* _About this exercise_
Look below for lines that hold the string "drawn" and copy each one.
■ ■ ■ ■
//! Draws the steps of a run: its messages, its records, and what was asked.

ghost use Rattle.std.specs.Prelude.{◌≡◌, ◌++◌, ◌∷◌, [], IfOk, OnOk, Some, if◌then◌else◌, length, map};
ghost use Rattle.picture_layout.specs.declared.drawn.Arrow.{Arrow as AnyArrow};
ghost use Rattle.picture_layout.specs.declared.drawn.RecordMark.{RecordMark as AnyMark};
ghost use Rattle.picture_layout.specs.declared.drawn.Stub.{Stub as AnyStub};
ghost use Rattle.picture_layout.specs.declared.seats.Column.{Column as AnySeat};
ghost use Rattle.picture_shapes.specs.declared.shapes.Stroke.{Stroke as AnyStroke};
ghost use Rattle.picture_shapes.specs.declared.shapes.Tip.TheVariants as tip;
ghost use Rattle.picture_words.specs.Labels.{label_in, number_text, title_in};
ghost use Rattle.picture_layout.specs.Fates.{leaving_in};
ghost use Rattle.picture_layout.specs.Ways.{spot_of};
ghost use Rattle.tree_script.specs.Spellings.{act_text};
ghost use Rattle.protocol.specs.Texts.{told_lines, told_text};
ghost use Rattle.picture_run.specs.Along.{DepartAll, Departs, RunAlong, RunsAlong};
ghost use Rattle.picture_run.specs.Captions.{caption_along, caption_of, said_of, says_of};
ghost use Rattle.picture_run.specs.Lines.{asked_lines, step_lines, steps_lines};
ghost use Rattle.picture_run.specs.Pictures.{opening_of, spot_key, square_key, titles_of};

use crate::plan::{Plan, Scene};
use crate::room::is_call;
use crate::sheet::{Draft, Sheet, ahead};
use picture_layout::{Arrow, Column, RecordMark, Rows, StepRows, Stretch, Stub, place_of};
use picture_shapes::{
    Bar, Dot, EventRule, Label, Look, Patch, PictureFrame, Shape, Spot, Square, Stroke, Tip, Tone,
    push_word, width_of,
};
use picture_words::{
    act_label, act_line, act_tone, event_line, message_label, message_title, message_tone,
    message_with, number_label, record_name, record_tone, shortened, told_label, told_title,
    told_tone,
};
use protocol::{
    Act, Envelope, Happening, Input, JournalEntry, RecordKind, ShownRecord, Subject, Told,
};
use std::alloc::{AllocError, Global};
use trace_lines::{push, push_number};

/// A sheet that is drawn on, and what its rows and places are.
#[derive(Drop)]
pub(crate) struct Drawing {
    pub(crate) alloc: Global,
    pub(crate) frame: PictureFrame,
    pub(crate) sheet: Sheet,
}

/// Bytes of these words.
pub(crate) fn bytes_of(alloc: Global, words: &str) -> Result<Vec<u8>, AllocError> {
    Vec::from_slice(alloc, words.as_bytes())
}

/// How the line of a message ends that is drawn where it was sent: in a cross, if it is never delivered.
fn stub_tip(crossed: bool) -> Tip
    ensures { result ≡ (if crossed then tip.Cross else tip.Ring) }
{
    if crossed { Tip::Cross } else { Tip::Ring }
}

/// How the name of a record looks.
fn look_of(forced: bool, lost: bool) -> Look {
    if lost {
        Look::Lost
    } else if forced {
        Look::Bold
    } else {
        Look::Plain
    }
}
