//! The creases that leave each vertex.

ghost use Rattle.std.specs.Prelude.{◌≡◌, ◌+◌, ◌≤◌, ◌<◌, length, ◌++◌, ◌∷◌, take, drop, IfOk, IsOk, OnOk, if◌then◌else◌};
ghost use Rattle.plane_geometry.specs.declared.Point.{Point};
ghost use Rattle.plane_geometry.specs.DirView.{dir_number, dir_of};
ghost use Rattle.vertex_checks.specs.Fan.{most_rays, ray_of, ray_at, with_ray, with_ray_if, fan_from, fan_of};
ghost use Rattle.vertex_checks.specs.FanMap.{kept_fan};
ghost use Rattle.line_split.specs.Points.{equal_points};

use crease_model::{Kind, Piece};
use indexmap::IndexMap;
use plane_geometry::{Dir, Point};
use smallvec::SmallVec;
use std::alloc::{AllocError, Global};

/// A crease that leaves a vertex: its direction from there, and its kind.
#[derive(Clone, Copy, Debug, PartialEq, Eq)]
pub struct Ray {
    pub dir: Dir,
    pub kind: Kind,
}

impl Default for Ray {
    // the free places of a small vector hold it
    fn default() -> Ray {
        Ray {
            dir: Dir::modulo(0),
            kind: Kind::Edge,
        }
    }
}

/// The creases at each end of a piece, by their directions: at most one in each of the 16.
pub(crate) type Fans = IndexMap<Point, SmallVec<Ray, 16>>;

fn ray_to(piece: &Piece, number: u8) -> Ray
    ensures { result ≡ ray_of piece.now number }
{
    Ray {
        dir: Dir::modulo(number),
        kind: piece.kind,
    }
}

// Where a ray goes among rays by their directions.
fn place_for(rays: &[Ray], ray: &Ray) -> usize
    ensures bound { result ≤ length rays.now }
    ensures value { with_ray rays.now ray.now ≡ take result rays.now ++ ray.now ∷ drop result rays.now }
{
    for (i, other) in rays.iter().enumerate() {
        if ray.dir.number() < other.dir.number() {
            return i;
        }
    }
    rays.len()
}

/// The creases that leave a point, by their directions.
pub(crate) fn fan_in<'a>(fans: &'a Fans, v: &Point) -> &'a [Ray]
    ensures { result.now ≡ kept_fan fans.now v.now }
{
    match fans.get(v) {
        Some(fan) => fan.as_slice(),
        None => &[],
    }
}

// The rays with one more. As long as they are fewer than the directions, there is room for it.
fn fan_with(alloc: Global, rays: &[Ray], ray: Ray) -> Result<SmallVec<Ray, 16>, AllocError>
    ensures value { IfOk result (λ fan. fan.items ≡ with_ray rays.now ray) }
    ensures room { length rays.now < most_rays → IsOk result }
{
    let mut fan = SmallVec::from_slice(alloc, rays)?;
    let place = place_for(fan.as_slice(), &ray);
    fan.insert(place, ray)?;
    Ok(fan)
}

fn add_ray(alloc: Global, fans: &mut Fans, v: &Point, ray: Ray) -> Result<(), AllocError>
    ensures { OnOk result
        ((q : Point) → kept_fan fans.new q
        ≡ (if equal_points v.now q then with_ray (kept_fan fans.old v.now) ray else kept_fan fans.old q)) }
{
    let fan = fan_with(alloc, fan_in(fans, v), ray)?;
    fans.insert(*v, fan)?;
    Ok(())
}

fn add_piece(alloc: Global, fans: &mut Fans, piece: &Piece) -> Result<(), AllocError>
    ensures { OnOk result
        ((q : Point) → kept_fan fans.new q ≡ with_ray_if (kept_fan fans.old q) (ray_at q piece.now)) }
{
    let number = piece.segment.dir().number();
    add_ray(alloc, fans, piece.segment.from(), ray_to(piece, number))?;
    add_ray(alloc, fans, piece.segment.to(), ray_to(piece, number + 8))
}

/// The creases that leave each point.
#[tactic(auto, unfolding(crate::specs::Fan::fan_of))]
pub(crate) fn fans_of(alloc: Global, pieces: &[Piece]) -> Result<Fans, AllocError>
    ensures { IfOk result (λ fans. (q : Point) → kept_fan fans q ≡ fan_of q pieces.now) }
{
    let mut fans = IndexMap::new(alloc);
    for piece in pieces {
        add_piece(alloc, &mut fans, piece)?;
    }
    Ok(fans)
}
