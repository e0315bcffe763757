//! Laws of the vertices and fans of a pattern. These functions do nothing: each contract is a law of the definitions.

ghost use Rattle.vertex_checks.specs.Laws.{VerticesAreInnerEnds, DirectionsDiffer, FanIsOne, FanIsSmall};

/// Just the ends of pieces strictly inside the sheet are checked, each once and in order.
pub fn vertices_are_inner_ends()
    ensures { VerticesAreInnerEnds }
{}

/// Two pieces of a pattern that leave a point in one direction are one piece.
pub fn directions_differ()
    ensures { DirectionsDiffer }
{}

/// Each point of a pattern has one fan.
pub fn fan_is_one()
    ensures { FanIsOne }
{}

/// No more creases leave a point than there are directions.
pub fn fan_is_small()
    ensures { FanIsSmall }
{}
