//! All faults of a pattern.

ghost use Rattle.std.specs.Prelude.{◌≡◌, ◌+◌, ◌*◌, ◌<◌, ◌≤◌, ◌↔◌, ◌∷◌, ◌++◌, [], length, Contains, IfOk, OnOk};
ghost use Rattle.crease_model.specs.Rules.{most_pieces};
ghost use Rattle.isometry_map.specs.LinearView.{linear_number};
ghost use Rattle.plane_geometry.specs.declared.Point.{Point};
ghost use Rattle.vertex_checks.specs.Fan.{fan_of};
ghost use Rattle.vertex_checks.specs.FanMap.{kept_fan};
ghost use Rattle.vertex_checks.specs.Sectors.{count_of_kind};
ghost use Rattle.vertex_checks.specs.Faults.{IsFault, KawasakiIsByAngles, IsInOrder, comes_round, kawasaki_faults, differ_by_two, can_balance, maekawa_faults, fan_faults, vertex_fault, vertex_faults, faults_at, faults_of};

use crate::fans::{Fans, Ray, fan_in, fans_of};
use crate::faults::{LocalFault, VertexFault};
use crate::sectors::push_little_faults;
use crate::vertices::vertices;
use crease_model::{Kind, Pattern, Piece};
use isometry_map::Linear;
use plane_geometry::Point;
use std::alloc::{AllocError, Global};

// Whether the reflections in the creases, one after the other, give the identity.
fn comes_round(fan: &[Ray]) -> bool
    ensures { result ≡ comes_round fan.now }
{
    let mut done = Linear::identity();
    for ray in fan {
        done = Linear::reflection(ray.dir).after(done);
    }
    done == Linear::identity()
}

fn count_of_kind(kind: Kind, fan: &[Ray]) -> u32
    requires { length fan.now ≤ most_pieces }
    ensures value { result ≡ count_of_kind kind fan.now }
    ensures few { result ≤ most_pieces }
{
    let mut count = 0;
    for ray in fan {
        if ray.kind.same(kind) {
            count += 1;
        }
    }
    count
}

pub(crate) fn push_fault(
    faults: &mut Vec<VertexFault>,
    v: &Point,
    fault: LocalFault,
) -> Result<(), AllocError>
    ensures { OnOk result (faults.new.items ≡ faults.old.items ++ vertex_fault v.now fault ∷ []) }
{
    faults.push(VertexFault { vertex: *v, fault })?;
    Ok(())
}

fn push_kawasaki(faults: &mut Vec<VertexFault>, v: &Point, fan: &[Ray]) -> Result<(), AllocError>
    ensures { OnOk result
        (faults.new.items ≡ faults.old.items ++ vertex_faults v.now (kawasaki_faults fan.now)) }
{
    if !comes_round(fan) {
        push_fault(faults, v, LocalFault::Kawasaki)?;
    }
    Ok(())
}

fn differ_by_two(m: u32, v: u32) -> bool
    requires { m + v ≤ 3 * most_pieces }
    ensures { result ≡ differ_by_two m v }
{
    m == v + 2 || v == m + 2
}

// Whether mountains and valleys differ by two for some number of the unassigned creases that fold as mountains.
fn can_balance(m: u32, v: u32, u: u32) -> bool
    requires { m + v + u ≤ 3 * most_pieces }
    ensures { result ≡ can_balance m v u }
{
    for x in 0..u + 1 {
        if differ_by_two(m + x, v + (u - x)) {
            return true;
        }
    }
    false
}

fn push_maekawa(faults: &mut Vec<VertexFault>, v: &Point, fan: &[Ray]) -> Result<(), AllocError>
    requires { length fan.now ≤ most_pieces }
    ensures { OnOk result
        (faults.new.items ≡ faults.old.items ++ vertex_faults v.now (maekawa_faults fan.now)) }
{
    let m = count_of_kind(Kind::Mountain, fan);
    let other = count_of_kind(Kind::Valley, fan);
    let u = count_of_kind(Kind::Unassigned, fan);
    if !can_balance(m, other, u) {
        push_fault(faults, v, LocalFault::Maekawa { m, v: other, u })?;
    }
    Ok(())
}

fn push_fan(faults: &mut Vec<VertexFault>, v: &Point, fan: &[Ray]) -> Result<(), AllocError>
    requires { length fan.now ≤ most_pieces }
    ensures { OnOk result (faults.new.items ≡ faults.old.items ++ vertex_faults v.now (fan_faults fan.now)) }
{
    push_kawasaki(faults, v, fan)?;
    push_maekawa(faults, v, fan)?;
    push_little_faults(faults, v, fan)
}

fn push_vertex(
    faults: &mut Vec<VertexFault>,
    pieces: &[Piece],
    fans: &Fans,
    v: &Point,
) -> Result<(), AllocError>
    requires few { length pieces.now ≤ most_pieces }
    requires kept { (q : Point) → kept_fan fans.now q ≡ fan_of q pieces.now }
    ensures { OnOk result
        (faults.new.items ≡ faults.old.items ++ vertex_faults v.now (fan_faults (fan_of v.now pieces.now))) }
{
    push_fan(faults, v, fan_in(fans, v))
}

#[tactic(auto, unfolding(crate::specs::Faults::faults_of))]
fn all_faults(alloc: Global, pattern: &Pattern) -> Result<Vec<VertexFault>, AllocError>
    ensures { IfOk result (λ faults. faults.items ≡ faults_of pattern.now) }
{
    let pieces = pattern.pieces();
    let fans = fans_of(alloc, pieces)?;
    let mut faults = Vec::new(alloc);
    for v in vertices(alloc, pattern)?.as_slice() {
        push_vertex(&mut faults, pieces, &fans, v)?;
    }
    Ok(faults)
}

/// All faults of a pattern: those of Kawasaki's and Maekawa's theorems and of the big-little-big lemma, at each vertex
/// strictly inside the sheet. They stand by vertex, then in the order of the variants, then by direction.
pub fn check(alloc: Global, pattern: &Pattern) -> Result<Vec<VertexFault>, AllocError>
    ensures found { IfOk result (λ list. (f : VertexFault) → Contains list.items f ↔ IsFault pattern.now f) }
    ensures angles { IfOk result (λ faults. KawasakiIsByAngles pattern.now faults.items) }
    ensures order { IfOk result (λ faults. IsInOrder faults.items) }
    ensures value { IfOk result (λ faults. faults.items ≡ faults_of pattern.now) }
    ensures few { IfOk result (λ faults. length faults.items < 4294967296) }
{
    // for the rules of patterns, on which all but the value rests
    let _pieces = pattern.pieces();
    let faults = all_faults(alloc, pattern)?;
    Ok(faults)
}
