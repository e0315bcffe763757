//! Local checks of flat folding: at each vertex strictly inside the sheet, the theorems of Kawasaki and Maekawa and the
//! big-little-big lemma.
#![tactic(auto)]

mod checking;
mod fans;
mod faults;
mod laws;
mod sectors;
mod vertices;
mod writing;

pub use checking::check;
pub use fans::Ray;
pub use faults::{LocalFault, VertexFault};
pub use laws::{directions_differ, fan_is_one, vertices_are_inner_ends};
pub use writing::write_faults;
■ ■ ■ ■
* _Your solution_
ghost use Rattle.picture_layout.specs.declared.drawn.Arrow.{Arrow as AnyArrow};
ghost use Rattle.picture_layout.specs.declared.drawn.RecordMark.{RecordMark as AnyMark};
ghost use Rattle.picture_layout.specs.declared.drawn.Stub.{Stub as AnyStub};
/// A sheet that is drawn on, and what its rows and places are.
/// How the line of a message ends that is drawn where it was sent: in a cross, if it is never delivered.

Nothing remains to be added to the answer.